3) L’indemnité de licenciement :
La convention collective régionale des industries de la métallurgie de la Haute-Marne et de la Meuse stipule que pour les salariés justifiant d’une ancienneté comprise entre cinq et quinze ans, le montant de l’indemnité de licenciement est de 1/5e de mois par année entière. Ce montant est majoré de 20 % pour les salariés âgés de cinquante à soixante-cinq ans.
L’article R.1234-3 du code du travail dispose que dans le cas d’un licenciement pour motif économique, l’indemnité de licenciement ne peut être inférieure à deux dixièmes de mois de salaire par année d’ancienneté.
En l’espèce, Monsieur A justifiait au moment de son licenciement d’une ancienneté de six ans, cinq mois et dix-sept jours, et l’examen de ses bulletins de salaire révèle que son salaire brut moyen des douze derniers mois, plus élevé que celui des trois derniers mois, s’élevait à 2.239,51 €. En ce qui concerne le calcul de l’ancienneté, il y a lieu de prendre en compte, non pas la date de la rupture, mais le terme du préavis non effectué, conformément aux dispositions de l’article L.1234-5 du code du travail.
Le montant de l’indemnité de licenciement calculée selon la convention collective était le suivant : 2.239,51 € x 1/5 x 6,45 = 2.888,96 €.
Le montant de cette même indemnité calculée selon le code du travail était le suivant : (2.239,51 € x 2/10 x 6,28) = 2.888,96 €.
Le bulletin de salaire du mois de septembre 2006 faisant apparaître la somme de 2.730,89 € à titre d’indemnité de licenciement, il sera fait droit à la demande de rappel d’indemnité de licenciement à hauteur de la somme de 158,07 € ; le jugement sera infirmé en ce sens.

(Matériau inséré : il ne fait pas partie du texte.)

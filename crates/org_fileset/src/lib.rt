//! The files of a store as one: a commit of several files is all or nothing.
//!
//! What a call asks of a disk's files is asked of an honest disk alone. What is said of the files,
//! of texts read from them, and of what a crash leaves, is said where the disk is honest as the
//! call ends.
#![tactic(auto)]

mod apply;
mod commit;
mod entries;
mod fault;
pub mod laws;
mod lengths;
mod names;
mod open;
mod recover;
mod set;
mod trying;

pub use fault::SetFault;
pub use names::{in_order, with_archives};
pub use open::{MOST_NAMES, OpenFault, OpenRefused};
pub use recover::forget;
pub use set::{FileSet, LIMIT};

4) L’indemnité de procédure et les dépens :
Monsieur A obtenant la satisfaction partielle de ses prétentions, il lui sera alloué une somme de 300,00 € en application des dispositions de l’article 700 du code de procédure civile, et la société G.T.T. sera condamnée aux entiers dépens.
PAR CES MOTIFS,
LA COUR statuant par arrêt contradictoire et mis à disposition au greffe :
Infirme partiellement le jugement déféré et, statuant à nouveau ;
Dit que le licenciement de Monsieur C A est sans cause réelle et sérieuse ;
Condamne la S.A. G.T.T. à payer à Monsieur C A :
* treize mille quatre cent cinquante euros (13.450,00 €) à titre de dommages-intérêts pour licenciement sans cause réelle et sérieuse ;
* cent cinquante huit euros et sept centimes d’euros (158,07 €) à titre de rappel d’indemnité de licenciement ;
* trois cents euros (300,00 €) à titre d’indemnité de procédure ;
Ordonne le remboursement par la S.A. G.T.T. à l’organisme concerné, dans la limite de trois mois, des indemnités de chômage versées à Monsieur C A ;
Confirme pour le surplus la décision entreprise ;
Condamne la S.A. G.T.T. aux entiers dépens.
Ainsi prononcé publiquement par mise à disposition de l’arrêt au greffe de la cour, les parties en ayant été préalablement avisées dans les conditions prévues au deuxième alinéa de l’article 450 du code de procédure civile ;
Et signé par Monsieur X, Président, et par Mademoiselle CHOISELAT, Greffier, auquel la minute de la décision a été remise par le magistrat signataire.